Please copy each line of the records below that holds the word "Prelude".

▶ [Exercise material]
· · · ·
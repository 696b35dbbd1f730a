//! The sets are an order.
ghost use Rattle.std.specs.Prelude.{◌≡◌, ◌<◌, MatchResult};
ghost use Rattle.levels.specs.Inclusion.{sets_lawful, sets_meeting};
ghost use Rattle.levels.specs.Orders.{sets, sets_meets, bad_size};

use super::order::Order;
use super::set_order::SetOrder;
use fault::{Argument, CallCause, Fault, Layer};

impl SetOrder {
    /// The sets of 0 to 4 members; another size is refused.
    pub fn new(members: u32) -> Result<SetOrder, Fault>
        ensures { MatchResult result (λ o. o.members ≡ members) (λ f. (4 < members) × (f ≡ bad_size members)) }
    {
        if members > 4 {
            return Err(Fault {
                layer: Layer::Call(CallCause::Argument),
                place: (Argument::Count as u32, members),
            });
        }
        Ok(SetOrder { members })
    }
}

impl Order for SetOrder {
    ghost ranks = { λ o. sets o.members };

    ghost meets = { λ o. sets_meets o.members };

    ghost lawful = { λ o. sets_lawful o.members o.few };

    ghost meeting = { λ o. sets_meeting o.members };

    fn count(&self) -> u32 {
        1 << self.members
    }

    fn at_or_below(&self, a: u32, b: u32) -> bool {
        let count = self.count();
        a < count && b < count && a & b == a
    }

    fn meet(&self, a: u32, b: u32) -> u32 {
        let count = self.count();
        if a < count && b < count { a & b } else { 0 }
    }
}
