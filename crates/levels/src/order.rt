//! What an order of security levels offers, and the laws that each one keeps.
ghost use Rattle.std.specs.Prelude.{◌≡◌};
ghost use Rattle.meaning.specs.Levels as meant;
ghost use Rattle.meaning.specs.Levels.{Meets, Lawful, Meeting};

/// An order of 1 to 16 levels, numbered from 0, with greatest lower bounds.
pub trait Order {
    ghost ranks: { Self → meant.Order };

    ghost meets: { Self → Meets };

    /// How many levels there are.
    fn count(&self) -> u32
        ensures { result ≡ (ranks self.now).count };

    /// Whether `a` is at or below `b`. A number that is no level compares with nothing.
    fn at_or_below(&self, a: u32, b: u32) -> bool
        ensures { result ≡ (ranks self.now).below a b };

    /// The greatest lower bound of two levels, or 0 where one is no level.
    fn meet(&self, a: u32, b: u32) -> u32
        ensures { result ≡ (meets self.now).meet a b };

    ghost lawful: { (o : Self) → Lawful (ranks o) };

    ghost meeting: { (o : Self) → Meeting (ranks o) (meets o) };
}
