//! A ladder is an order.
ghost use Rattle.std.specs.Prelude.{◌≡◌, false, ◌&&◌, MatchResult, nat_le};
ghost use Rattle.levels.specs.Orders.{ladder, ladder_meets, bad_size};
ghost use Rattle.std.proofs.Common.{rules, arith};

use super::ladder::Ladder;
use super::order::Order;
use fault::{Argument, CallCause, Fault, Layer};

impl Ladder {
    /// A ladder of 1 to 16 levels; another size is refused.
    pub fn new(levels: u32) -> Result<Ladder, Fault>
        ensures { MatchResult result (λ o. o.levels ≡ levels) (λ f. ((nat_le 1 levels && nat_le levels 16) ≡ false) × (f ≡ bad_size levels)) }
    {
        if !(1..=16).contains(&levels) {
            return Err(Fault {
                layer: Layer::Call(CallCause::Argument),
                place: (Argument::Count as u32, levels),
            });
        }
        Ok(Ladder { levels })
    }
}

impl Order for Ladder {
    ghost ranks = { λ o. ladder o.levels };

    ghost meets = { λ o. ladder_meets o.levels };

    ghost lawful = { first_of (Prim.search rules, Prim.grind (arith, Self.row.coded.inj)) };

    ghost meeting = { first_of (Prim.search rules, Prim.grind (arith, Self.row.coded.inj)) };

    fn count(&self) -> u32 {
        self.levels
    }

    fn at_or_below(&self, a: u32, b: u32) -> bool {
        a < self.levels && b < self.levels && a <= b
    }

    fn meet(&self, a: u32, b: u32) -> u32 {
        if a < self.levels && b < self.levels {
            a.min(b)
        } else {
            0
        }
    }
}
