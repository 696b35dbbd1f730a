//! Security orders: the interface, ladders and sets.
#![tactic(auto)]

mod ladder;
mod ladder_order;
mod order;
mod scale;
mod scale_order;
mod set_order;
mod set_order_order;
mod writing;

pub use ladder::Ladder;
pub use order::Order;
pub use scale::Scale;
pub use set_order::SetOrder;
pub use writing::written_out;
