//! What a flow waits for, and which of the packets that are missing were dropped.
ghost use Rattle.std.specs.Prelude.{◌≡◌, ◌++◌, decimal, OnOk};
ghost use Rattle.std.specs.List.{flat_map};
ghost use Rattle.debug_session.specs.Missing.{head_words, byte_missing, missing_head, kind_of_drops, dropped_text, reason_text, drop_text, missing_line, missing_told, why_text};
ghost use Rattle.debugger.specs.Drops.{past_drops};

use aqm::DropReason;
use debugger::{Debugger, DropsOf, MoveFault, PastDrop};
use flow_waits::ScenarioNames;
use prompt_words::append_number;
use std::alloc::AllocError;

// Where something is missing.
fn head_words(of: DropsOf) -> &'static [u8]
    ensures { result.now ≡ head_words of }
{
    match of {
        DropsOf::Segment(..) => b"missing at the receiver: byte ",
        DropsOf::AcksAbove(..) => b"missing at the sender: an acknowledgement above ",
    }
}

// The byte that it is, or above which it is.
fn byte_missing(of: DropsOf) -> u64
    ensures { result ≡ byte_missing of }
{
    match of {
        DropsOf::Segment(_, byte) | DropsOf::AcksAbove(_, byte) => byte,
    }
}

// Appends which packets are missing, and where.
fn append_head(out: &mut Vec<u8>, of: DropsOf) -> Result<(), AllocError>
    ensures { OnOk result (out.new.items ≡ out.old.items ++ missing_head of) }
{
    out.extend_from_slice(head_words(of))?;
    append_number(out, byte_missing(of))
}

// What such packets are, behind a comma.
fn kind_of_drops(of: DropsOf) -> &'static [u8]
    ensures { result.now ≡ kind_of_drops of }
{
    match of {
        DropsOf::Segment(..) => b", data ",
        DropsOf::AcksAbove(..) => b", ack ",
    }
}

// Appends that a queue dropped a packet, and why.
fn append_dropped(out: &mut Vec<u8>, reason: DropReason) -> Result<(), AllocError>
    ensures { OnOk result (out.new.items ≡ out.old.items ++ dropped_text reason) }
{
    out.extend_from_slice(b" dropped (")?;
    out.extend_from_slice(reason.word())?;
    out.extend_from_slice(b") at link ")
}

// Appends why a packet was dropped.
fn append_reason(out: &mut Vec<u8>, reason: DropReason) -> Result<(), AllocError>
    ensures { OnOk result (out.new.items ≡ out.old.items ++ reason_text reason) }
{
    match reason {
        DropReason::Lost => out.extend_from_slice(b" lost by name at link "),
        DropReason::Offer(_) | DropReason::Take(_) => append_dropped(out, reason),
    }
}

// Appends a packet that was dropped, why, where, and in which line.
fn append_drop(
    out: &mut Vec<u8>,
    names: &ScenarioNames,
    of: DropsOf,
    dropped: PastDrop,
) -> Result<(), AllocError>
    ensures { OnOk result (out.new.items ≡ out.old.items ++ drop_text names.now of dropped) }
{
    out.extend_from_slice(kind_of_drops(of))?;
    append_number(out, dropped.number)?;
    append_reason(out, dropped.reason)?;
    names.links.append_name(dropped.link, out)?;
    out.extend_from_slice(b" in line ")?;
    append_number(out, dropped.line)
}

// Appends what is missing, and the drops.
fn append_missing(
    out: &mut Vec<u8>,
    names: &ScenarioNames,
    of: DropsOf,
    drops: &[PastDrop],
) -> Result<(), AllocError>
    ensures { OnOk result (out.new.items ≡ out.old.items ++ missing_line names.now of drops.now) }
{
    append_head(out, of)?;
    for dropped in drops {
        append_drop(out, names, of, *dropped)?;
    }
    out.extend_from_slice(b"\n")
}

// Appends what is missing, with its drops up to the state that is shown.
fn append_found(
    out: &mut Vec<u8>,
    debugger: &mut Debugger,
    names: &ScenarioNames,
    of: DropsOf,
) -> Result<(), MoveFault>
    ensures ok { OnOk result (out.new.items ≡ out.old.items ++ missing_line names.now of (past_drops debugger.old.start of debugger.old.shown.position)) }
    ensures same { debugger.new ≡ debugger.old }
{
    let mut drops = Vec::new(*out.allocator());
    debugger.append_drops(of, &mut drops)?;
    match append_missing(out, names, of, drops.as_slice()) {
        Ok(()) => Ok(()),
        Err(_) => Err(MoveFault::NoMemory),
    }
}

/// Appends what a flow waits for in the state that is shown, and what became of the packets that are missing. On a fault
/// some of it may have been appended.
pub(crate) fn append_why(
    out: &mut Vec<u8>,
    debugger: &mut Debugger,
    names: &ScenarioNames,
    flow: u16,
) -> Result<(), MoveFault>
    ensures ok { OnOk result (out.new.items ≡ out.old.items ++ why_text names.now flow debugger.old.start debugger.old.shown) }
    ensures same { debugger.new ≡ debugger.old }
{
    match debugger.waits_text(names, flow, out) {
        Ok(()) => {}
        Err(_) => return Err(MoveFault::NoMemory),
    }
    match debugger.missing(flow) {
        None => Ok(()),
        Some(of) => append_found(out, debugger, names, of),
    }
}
· · · ·
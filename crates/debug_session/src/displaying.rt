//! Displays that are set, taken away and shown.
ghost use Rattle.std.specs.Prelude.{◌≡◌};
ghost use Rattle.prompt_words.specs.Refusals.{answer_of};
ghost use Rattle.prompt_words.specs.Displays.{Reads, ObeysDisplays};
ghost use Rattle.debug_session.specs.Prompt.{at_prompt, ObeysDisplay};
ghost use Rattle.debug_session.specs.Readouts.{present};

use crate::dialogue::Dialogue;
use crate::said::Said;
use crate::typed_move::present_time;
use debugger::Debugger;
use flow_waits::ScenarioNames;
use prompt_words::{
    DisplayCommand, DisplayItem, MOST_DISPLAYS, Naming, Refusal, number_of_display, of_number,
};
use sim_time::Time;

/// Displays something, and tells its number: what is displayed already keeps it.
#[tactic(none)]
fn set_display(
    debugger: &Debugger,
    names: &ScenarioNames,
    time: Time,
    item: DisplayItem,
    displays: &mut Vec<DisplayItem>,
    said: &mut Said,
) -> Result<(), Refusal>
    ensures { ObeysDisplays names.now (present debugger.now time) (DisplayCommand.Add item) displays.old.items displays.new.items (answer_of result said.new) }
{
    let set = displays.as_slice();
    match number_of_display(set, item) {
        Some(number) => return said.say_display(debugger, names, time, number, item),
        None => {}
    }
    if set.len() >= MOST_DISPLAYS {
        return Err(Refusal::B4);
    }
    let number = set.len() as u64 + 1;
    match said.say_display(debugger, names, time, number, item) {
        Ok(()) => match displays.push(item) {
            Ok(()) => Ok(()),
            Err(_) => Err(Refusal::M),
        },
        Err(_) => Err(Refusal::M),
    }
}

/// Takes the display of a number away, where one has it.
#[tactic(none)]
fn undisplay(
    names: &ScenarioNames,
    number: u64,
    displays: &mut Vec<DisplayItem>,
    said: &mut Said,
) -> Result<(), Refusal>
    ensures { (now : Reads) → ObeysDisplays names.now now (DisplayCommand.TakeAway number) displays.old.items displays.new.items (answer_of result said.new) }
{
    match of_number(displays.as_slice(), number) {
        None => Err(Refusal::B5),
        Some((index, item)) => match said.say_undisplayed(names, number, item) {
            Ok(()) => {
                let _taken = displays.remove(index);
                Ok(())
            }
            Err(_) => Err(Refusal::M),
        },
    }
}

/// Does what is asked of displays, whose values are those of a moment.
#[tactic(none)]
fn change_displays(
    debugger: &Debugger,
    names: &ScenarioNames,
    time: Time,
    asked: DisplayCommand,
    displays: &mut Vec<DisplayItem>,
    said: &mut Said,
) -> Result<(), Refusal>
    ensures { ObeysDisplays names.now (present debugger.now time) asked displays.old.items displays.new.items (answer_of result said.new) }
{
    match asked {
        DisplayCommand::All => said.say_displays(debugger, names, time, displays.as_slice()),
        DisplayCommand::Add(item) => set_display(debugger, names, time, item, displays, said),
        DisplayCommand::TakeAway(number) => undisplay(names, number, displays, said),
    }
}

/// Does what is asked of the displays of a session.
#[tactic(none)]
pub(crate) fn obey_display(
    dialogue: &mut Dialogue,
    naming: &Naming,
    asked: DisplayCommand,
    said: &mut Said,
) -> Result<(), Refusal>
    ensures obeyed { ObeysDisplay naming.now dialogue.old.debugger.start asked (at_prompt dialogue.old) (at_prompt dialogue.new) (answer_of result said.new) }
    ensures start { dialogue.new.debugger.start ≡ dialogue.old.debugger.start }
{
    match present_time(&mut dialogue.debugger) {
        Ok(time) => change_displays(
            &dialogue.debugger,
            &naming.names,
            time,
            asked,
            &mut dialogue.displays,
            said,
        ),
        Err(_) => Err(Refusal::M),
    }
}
· · · ·
▶ [Your response]
ghost use Rattle.std.specs.Prelude.{◌≡◌, ◌<◌, MatchResult};
ghost use Rattle.std.specs.Prelude.{◌≡◌};
ghost use Rattle.std.specs.Prelude.{◌≡◌, false, ◌&&◌, MatchResult, nat_le};
ghost use Rattle.std.specs.Prelude.{◌≡◌, ◌++◌, decimal, OnOk};
ghost use Rattle.std.specs.Prelude.{◌≡◌};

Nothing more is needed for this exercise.